[WHAT YOU SHOULD DO]: Should the word "usize" occur in a line of the records, copy that line.

Collected data:
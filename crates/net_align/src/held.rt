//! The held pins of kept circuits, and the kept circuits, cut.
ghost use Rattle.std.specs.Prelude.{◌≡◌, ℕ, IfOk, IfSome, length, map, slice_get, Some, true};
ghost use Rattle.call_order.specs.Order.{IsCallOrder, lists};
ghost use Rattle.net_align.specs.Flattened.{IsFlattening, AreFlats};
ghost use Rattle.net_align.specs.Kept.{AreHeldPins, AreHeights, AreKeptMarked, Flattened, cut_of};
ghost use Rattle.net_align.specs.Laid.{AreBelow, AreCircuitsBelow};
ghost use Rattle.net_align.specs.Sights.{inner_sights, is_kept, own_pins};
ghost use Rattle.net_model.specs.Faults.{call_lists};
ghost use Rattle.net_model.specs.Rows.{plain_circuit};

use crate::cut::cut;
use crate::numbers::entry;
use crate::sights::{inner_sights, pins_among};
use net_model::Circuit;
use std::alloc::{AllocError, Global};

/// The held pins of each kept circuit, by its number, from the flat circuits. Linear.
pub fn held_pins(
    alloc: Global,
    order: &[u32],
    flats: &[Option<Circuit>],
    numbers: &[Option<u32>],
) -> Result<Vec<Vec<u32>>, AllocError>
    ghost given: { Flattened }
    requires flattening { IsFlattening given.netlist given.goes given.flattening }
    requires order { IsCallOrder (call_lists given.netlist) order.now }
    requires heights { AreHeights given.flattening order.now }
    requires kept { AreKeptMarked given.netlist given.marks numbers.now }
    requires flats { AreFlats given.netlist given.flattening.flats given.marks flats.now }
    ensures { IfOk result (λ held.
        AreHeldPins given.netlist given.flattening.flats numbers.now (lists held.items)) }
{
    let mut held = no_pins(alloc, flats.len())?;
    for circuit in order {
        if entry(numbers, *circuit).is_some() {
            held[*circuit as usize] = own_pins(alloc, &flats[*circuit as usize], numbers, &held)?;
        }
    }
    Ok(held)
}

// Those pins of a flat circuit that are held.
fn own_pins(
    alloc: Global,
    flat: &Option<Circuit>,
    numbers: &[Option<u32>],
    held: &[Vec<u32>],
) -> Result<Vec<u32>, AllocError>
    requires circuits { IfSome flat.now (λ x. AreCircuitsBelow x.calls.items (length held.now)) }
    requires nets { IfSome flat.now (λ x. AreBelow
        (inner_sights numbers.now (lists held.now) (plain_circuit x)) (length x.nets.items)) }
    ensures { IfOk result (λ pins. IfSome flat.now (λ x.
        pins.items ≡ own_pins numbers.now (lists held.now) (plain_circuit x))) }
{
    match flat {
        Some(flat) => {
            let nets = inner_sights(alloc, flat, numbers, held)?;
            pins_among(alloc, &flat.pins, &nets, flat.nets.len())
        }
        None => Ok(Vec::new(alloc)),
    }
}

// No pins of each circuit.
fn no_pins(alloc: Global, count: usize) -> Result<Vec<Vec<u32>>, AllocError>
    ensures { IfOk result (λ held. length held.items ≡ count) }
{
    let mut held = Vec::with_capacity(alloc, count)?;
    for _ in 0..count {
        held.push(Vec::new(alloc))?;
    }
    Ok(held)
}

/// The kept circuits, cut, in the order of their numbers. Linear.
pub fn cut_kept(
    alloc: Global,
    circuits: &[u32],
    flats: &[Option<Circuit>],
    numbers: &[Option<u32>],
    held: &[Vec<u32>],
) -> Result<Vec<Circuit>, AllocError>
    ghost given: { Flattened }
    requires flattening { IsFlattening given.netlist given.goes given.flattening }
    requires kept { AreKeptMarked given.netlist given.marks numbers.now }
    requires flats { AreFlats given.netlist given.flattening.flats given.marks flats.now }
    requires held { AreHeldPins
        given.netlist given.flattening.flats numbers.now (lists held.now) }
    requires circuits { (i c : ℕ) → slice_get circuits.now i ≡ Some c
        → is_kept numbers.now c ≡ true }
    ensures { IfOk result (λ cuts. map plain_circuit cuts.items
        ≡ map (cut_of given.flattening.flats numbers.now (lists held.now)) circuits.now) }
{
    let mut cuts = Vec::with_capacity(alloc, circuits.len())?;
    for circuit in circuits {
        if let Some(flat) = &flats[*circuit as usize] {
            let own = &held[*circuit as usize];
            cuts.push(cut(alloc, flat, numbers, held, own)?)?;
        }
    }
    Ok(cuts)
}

[TASK RESPONSE]:
            held[*circuit as usize] = own_pins(alloc, &flats[*circuit as usize], numbers, &held)?;
fn no_pins(alloc: Global, count: usize) -> Result<Vec<Vec<u32>>, AllocError>
        if let Some(flat) = &flats[*circuit as usize] {
            let own = &held[*circuit as usize];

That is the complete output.